CMT1 and CMT2 are the two basic CMT Types that doctors are able to clinically diagnose. CMT is divided into three types of neuropathy: demyelinating, axonal, and intermediate. Each of these three are determined by their related nerve conduction characteristics, how the nerves conduct (transmit) a signal. Clinically, demyelinating CMT, as determined by nerve conduction studies, is classified as CMT1. Axonal CMT, as determined by nerve conduction, is classified as CMT2. Intermediate CMT exhibits nerve conduction characteristics that don’t comport with either demyelinating or axonal CMT, the nerve conduction profile is somewhere in between, it’s intermediate. Intermediate does not refer to disease severity or progression.
Doctors trained in recognizing the electrodiagnostic abnormalities of CMT and the nuanced differences between demyelinating CMT and axonal CMT can use NCS data to tell whether CMT is either demyelinating (CMT1) or axonal (CMT2), but intermediate CMT is exceedingly difficult to elecctrodiagnostically differentiate (NCS is a type of electrodiagnostic test). Because of this difficulty, doctors typically will not clinically diagnose somebody as having intermediate CMT, instead favoring either a CMT1 or a CMT2 clinical diagnosis.
How can I tell if I have CMT1? Doctors can tell the difference between demyelinating CMT and axonal CMT by NCS results.

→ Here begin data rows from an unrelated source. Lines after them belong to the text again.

// The run on the bench: frames from a reader, their answers to a writer, one a line in their order.
// It holds a buffer of 65,536 bytes for what is read, another for what is written, and the first 19
// bytes of the line begun, whatever the input is. The programs `frames` and `vectors` are this run
// over standard input and output, of which no contract can say what they bring and take.
#![tactic(auto)]

ghost use Rattle.std.specs.Prelude.{◌-◌, ◌^◌, ◌≡◌, None, IfOk, IfSome};
ghost use Rattle.std.specs.Io.KnownBytes.{Appends};
ghost use Rattle.frame.specs.Frame.{answer_bytes};
ghost use Rattle.lines.specs.Lines.{answers_of};
ghost use Rattle.pipe.specs.Turns.{Runs};
ghost use Rattle.pipe.specs.Known.{AppendsFront};

use lines::{Frames, KEPT, Lines};
use pipe::{BUFFER, Fault};
use std::io::{Read, Write};

// Reads until the input ends, and answers as the lines end. A read or a write that fails ends the run.
// A proved loop has to end, so turns are counted, up to a number that no run reaches.
pub fn run<R: Read, W: Write>(input: &mut R, output: &mut W) -> Result<Option<Lines>, Fault>
    ensures turns { IfOk result (Runs (2 ^ 64 - 1)) }

    // Where the bytes are known. Until the input ends, or where it fails, the first ones are written.
    ensures all { IfOk result (λ r. r ≡ None → IfSome (R.remaining input.old)
        (λ bytes. Appends (W.contents output.old) (W.contents output.new) (answers_of answer_bytes bytes))) }
    ensures first { IfSome (R.remaining input.old)
        (λ bytes. AppendsFront (W.contents output.old) (W.contents output.new) (answers_of answer_bytes bytes)) }
{
    pipe::run::<Frames, KEPT, BUFFER, R, W>(u64::MAX, input, output)
}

Demyelinating CMT nerve conduction exhibits velocities less than 38meters/sec (the speed at which the nerve transmits a signal), slightly reduced amplitudes (signal strength), prolonged latencies (how quickly the nerve responds to an input signal), fairly uniform findings in all nerves tested, and there might be absent sensory nerve responses. When NCS results meet these criteria, and the person meets the appropriate diagnostic picture, CMT1 is the clinical diagnosis.
Once the underlying responsible gene mutation is identified, the diagnosis is transitioned to the related subtype, such as CMT1H, for example. CMT1 is a group of 11 subtypes that are each demyelinating as determined by their nerve conduction characteristics. However, there are currently 30 demyelinating subtypes. Therefore, a clinical CMT1 diagnosis might not remain a CMT1 subtype diagnosis should CMT genetic testing identify the genetic cause.

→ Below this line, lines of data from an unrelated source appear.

// The atom header and the file's signature, read under each way and written into a lent buffer. Document 01, "Bytes of
// an atom"; format.rs, `write_atom_header` to `read_header`.
#![tactic(auto)]

ghost use Rattle.std.specs.Prelude.{◌≡◌, ◌∷◌, ◌≤◌, ◌<◌, ◌+◌, ◌*◌, ◌^◌, ltb, length};
ghost use Rattle.types.specs.declared.Kind.{Kind};
ghost use Rattle.types.specs.Kinds.{kind_from, kind_known};
ghost use Rattle.types.specs.Ways.{unnamed_way};
ghost use Rattle.lent.specs.Lent.{written_answer, written_content, copied_over};
ghost use Rattle.header.specs.Header.{header_read, header_bytes, later_bytes, later_from};
ghost use Rattle.header.specs.Signature.{version_read, judged, signature_bytes};

use types::{HeaderAnswer, Kind, Place, Refusal, VersionAnswer, Way};

// How many bytes the later part of an argument takes. The loop ends by the number that is left and by no count, so that
// a `for` is no plainer.
fn later_length(rest: u64) -> usize
    requires { rest < 128 ^ 9 }
    ensures { (result ≡ length (later_bytes 9 rest)) × (result ≤ 9) }
{
    let mut count: usize = 1;
    let mut arg = rest;
    while 128 <= arg {
        arg /= 128;
        count += 1;
    }
    count
}

// How many bytes an atom header takes, whatever its kind.
pub fn header_length(arg: u64) -> usize
    ensures { ((kind : Kind) → result ≡ length (header_bytes kind arg)) × (result ≤ 10) }
{
    if arg < 16 {
        1
    } else {
        later_length(arg / 16) + 1
    }
}

// Whether a buffer of that length has room for a header of two bytes or more. Ten bytes are room for any, so that the
// bytes of the later part are seldom counted.
fn has_room(room: usize, rest: u64) -> bool
    requires { rest < 128 ^ 9 }
    ensures { result ≡ ltb (length (later_bytes 9 rest)) room }
{
    10 <= room || later_length(rest) < room
}

// Writes the later part of an argument, 7 bits to a byte, lowest first, and answers how many bytes it took. A `for`
// over the buffer is no plainer: it would need an answer where the buffer ends first, which cannot be.
fn write_later(out: &mut [u8], rest: u64) -> usize
    requires { (rest < 128 ^ 9) × (length (later_bytes 9 rest) ≤ length out.old) }
    ensures value { (result ≡ length (later_bytes 9 rest)) × (result ≤ 9) }
    ensures out_after { out.new ≡ copied_over (later_bytes 9 rest) out.old }
{
    let mut i: usize = 0;
    let mut arg = rest;
    while 128 <= arg {
        out[i] = (arg % 128 + 128) as u8;
        arg /= 128;
        i += 1;
    }
    out[i] = arg as u8;
    i + 1
}

// Writes a header of two bytes or more that has its room, and answers how many bytes it took.
fn write_long(out: &mut [u8], first: u8, rest: u64) -> usize
    requires { (rest < 128 ^ 9) × (length (later_bytes 9 rest) < length out.old) }
    ensures value { result ≡ length (later_bytes 9 rest) + 1 }
    ensures out_after { out.new ≡ copied_over (first ∷ later_bytes 9 rest) out.old }
{
    out[0] = first;
    write_later(&mut out[1..], rest) + 1
}

// Writes an atom header: one byte where the argument is below 16, and up to ten.
pub fn write_atom_header(out: &mut [u8], kind: Kind, arg: u64) -> Result<usize, Refusal>
    ensures value { result ≡ written_answer (header_bytes kind arg) out.old }
    ensures out_after { out.new ≡ written_content (header_bytes kind arg) out.old }
{
    let first_byte = kind.code() * 32;
    if arg < 16 {
        return lent::put_one(out, first_byte + arg as u8);
    }
    let rest = arg / 16;
    if has_room(out.len(), rest) {
        let first = first_byte + 16 + (arg % 16) as u8;
        return Ok(write_long(out, first, rest));
    }
    Err(Refusal::no_room(later_length(rest) + 1))
}

// The kind of a code of three bits.
fn kind_of(code: u8) -> Kind
    ensures { result ≡ kind_known (kind_from code) }
{
    Kind::from_u8(code).unwrap_or(Kind::Bytes)
}

// Where the later bytes end at the latest: nine on, or at the source's end.
fn later_end(length: usize, at: usize) -> usize
    requires { at ≤ length }
    ensures { (at ≤ result) × (result ≤ length) × (result ≤ at + 9) × (result < at + 9 → result ≡ length) }
{
    at + (length - at).min(9)
}

// Reads the later bytes of a header, whose kind and low 4 bits are known.
fn read_later(source: &[u8], at: usize, kind: Kind, low: u64, way: Way) -> HeaderAnswer
    requires { (at ≤ length source.now) × (low < 16) }
    ensures { result ≡ later_from way source.now at kind low }
{
    let end = later_end(source.len(), at);
    let mut arg = low;
    let mut offset: u32 = 4;
    for place in at..end {
        let byte = source[place];
        let data = byte % 128;
        arg |= little::byte64(data) << offset;
        offset += 7;
        if data == byte {
            return Ok((Place(place + 1), kind, arg));
        }
    }
    if end - at == 9 {
        return Ok((Place(end), kind, arg));
    }
    if way.is_exact() {
        return Err((Place(end), Refusal::Eof));
    }
    Ok((Place(end), kind, arg))
}

// Reads an atom header (kind and argument) at a place, under a way.
pub fn read_atom_header_by(source: &[u8], place: Place, way: Way) -> HeaderAnswer
    ensures { result ≡ header_read way source.now place.0 }
{
    let at = place.within(source.len());
    if at < source.len() {
        let first_byte = source[at];
        let kind = kind_of(first_byte / 32);
        let low = little::byte64(first_byte % 16);
        if first_byte / 16 % 2 == 0 {
            return Ok((Place(at + 1), kind, low));
        }
        return read_later(source, at + 1, kind, low, way);
    }
    if way.is_exact() {
        return Err((Place(at), Refusal::Eof));
    }
    Ok((Place(at), Kind::Special, 0))
}

// Reads an atom header at a place, by the way of the entry that names none.
pub fn read_atom_header(source: &[u8], place: Place) -> HeaderAnswer
    ensures { result ≡ header_read unnamed_way source.now place.0 }
{
    read_atom_header_by(source, place, Way::unnamed())
}

// Writes the signature. The first three bytes are 'Pot' (0x506F74), and the fourth is the version. `copy_from_slice` was
// tried: it is slower than four stores, by a block on the stack and a test whether it lies over the buffer.
pub fn write_header(out: &mut [u8], version: u8) -> Result<usize, Refusal>
    ensures value { result ≡ written_answer (signature_bytes version) out.old }
    ensures out_after { out.new ≡ written_content (signature_bytes version) out.old }
{
    if out.len() < 4 {
        return Err(Refusal::no_room(4));
    }
    out[0] = 0x50;
    out[1] = 0x6F;
    out[2] = 0x74;
    out[3] = version;
    Ok(4)
}

// Takes a signature's word if it has every bit of 'Pot'.
fn judge(header: u64, place: Place) -> VersionAnswer
    ensures { result ≡ judged header place }
{
    if header & 0x506F_7400 == 0x506F_7400 {
        return Ok((place, (header % 256) as u8));
    }
    Err((place, Refusal::IncompatibleVersion))
}

// Reads the signature at a place, under a way, and answers the version. `u32::from_be_bytes` is no plainer: each byte,
// zero past the end, would be cast for it.
pub fn read_header_by(source: &[u8], place: Place, way: Way) -> VersionAnswer
    ensures { result ≡ version_read way source.now place.0 }
{
    let at = place.within(source.len());
    let header = little::byte_at(source, at, 0) * 0x100_0000
        + little::byte_at(source, at, 1) * 0x1_0000
        + little::byte_at(source, at, 2) * 0x100
        + little::byte_at(source, at, 3);
    if 4 <= source.len() - at {
        return judge(header, Place(at + 4));
    }
    if way.is_exact() {
        return Err((Place(source.len()), Refusal::Eof));
    }
    judge(header, Place(source.len()))
}

// Reads the signature at a place, by the way of the entry that names none.
pub fn read_header(source: &[u8], place: Place) -> VersionAnswer
    ensures { result ≡ version_read unnamed_way source.now place.0 }
{
    read_header_by(source, place, Way::unnamed())
}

How can I tell if I have CMT2? Axonal CMT nerve conduction exhibits velocities faster than 38 meters/sec (the speed at which the nerve transmits a signal), significantly reduced amplitudes (signal strength), prolonged latencies (how quickly the nerve responds to an input signal), there can be significant variability between the nerves tested, there can be evidence of conduction block (different conduction results at different segments of a nerve), and there can be absent sensory nerve responses. When NCS results meet these criteria, and the person meets the appropriate diagnostic picture, CMT2 is the clinical diagnosis.

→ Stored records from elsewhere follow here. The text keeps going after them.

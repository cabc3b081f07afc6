//! Faults of calls on a load.

ghost use Rattle.std.specs.Prelude.{◌≡◌, Some};
ghost use Rattle.records.specs.Faults.{told};
ghost use Rattle.loads.specs.Faults.{load_parts};
ghost use Rattle.loads.specs.declared.faults.LoadFault.TheVariants.{Study};

use networks::faults::StudyFault;
use records::faults::{Fault, Layer, Parts};
use std::error::Error;
use std::fmt;

/// Why a call on a load is refused.
#[derive(Clone, Copy, PartialEq, Eq, Debug)]
pub enum LoadFault {
    /// A buffer is too short.
    Study(StudyFault),
    /// There is no such channel.
    NoSuchChannel,
    /// There is no such place.
    NoSuchPlace,
    /// Packets for the place may not be put into the channel.
    NoEntry,
    /// A packet stands in the channel, or one in each.
    ChannelTaken,
    /// No packet stands in the channel.
    ChannelEmpty,
    /// The packet is home and moves no further.
    Home,
    /// The packet is not home and cannot be taken.
    NotHome,
    /// The packet has no way at that position.
    NoSuchWay,
    /// A packet stands in the channel that the way leads to.
    WayTaken,
}

impl From<StudyFault> for LoadFault {
    ghost from_gives = { λ e r. r ≡ Study e };

    fn from(e: StudyFault) -> LoadFault {
        LoadFault::Study(e)
    }
}

impl Fault for LoadFault {
    ghost parts = { load_parts };

    fn parts(self) -> Parts {
        let number = match self {
            LoadFault::Study(fault) => return fault.parts(),
            LoadFault::NoSuchChannel => 30,
            LoadFault::NoSuchPlace => 31,
            LoadFault::NoEntry => 32,
            LoadFault::ChannelTaken => 33,
            LoadFault::ChannelEmpty => 34,
            LoadFault::Home => 35,
            LoadFault::NotHome => 36,
            LoadFault::NoSuchWay => 37,
            LoadFault::WayTaken => 38,
        };
        Parts {
            layer: Layer::Study,
            number,
            line: 0,
            field: 0,
        }
    }
}

impl fmt::Display for LoadFault {
    ghost output = { λ f. Some (told (load_parts f)) };

    fn fmt<W: fmt::Write>(&self, f: &mut fmt::Formatter<W>) -> fmt::Result {
        LoadFault::parts(*self).fmt(f)
    }
}

impl Error for LoadFault {}
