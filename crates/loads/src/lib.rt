//! Loads of a network's channels, and the calls that put, move and take packets.

#![tactic(auto)]

ghost use Rattle.std.specs.Prelude.{◌≡◌, Some};
ghost use Rattle.loads.specs.Loads.{packet_in, packet};

mod calls;
pub mod faults;

pub use crate::calls::{move_on, put, take};

/// What stands in a channel: nothing, or a packet for a place. A load is a lent slice of records, one for each channel; those
/// past the count of channels are neither read nor written.
#[derive(Clone, Copy, PartialEq, Eq, Debug)]
pub struct LoadRecord {
    place: Option<u16>,
}

impl LoadRecord {
    /// Nothing.
    pub const EMPTY: LoadRecord = LoadRecord { place: None };

    /// A packet for the place.
    pub fn holding(place: u16) -> LoadRecord
        ensures { packet_in result ≡ Some place }
    {
        LoadRecord { place: Some(place) }
    }

    /// The place of the packet, if there is one.
    pub fn place(self) -> Option<u16>
        ensures { result ≡ packet_in self }
    {
        self.place
    }
}

/// The place of the packet that stands in a channel, if there is one. A record that is missing counts as empty.
pub fn place_in(load: &[LoadRecord], channel: u16) -> Option<u16>
    ensures { result ≡ packet load.now channel }
{
    load.get(usize::from(channel))?.place()
}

Once the underlying responsible gene mutation is identified, the diagnosis is transitioned to the related subtype, such as CMT2C, for example. CMT2 is a group of 37 CMT subtypes that are each axonal as determined by their nerve conduction characteristics. However, there are currently 127 axonal subtypes. Therefore, a clinical CMT2 diagnosis might not remain a CMT2 subtype diagnosis should CMT genetic testing identify the genetic cause.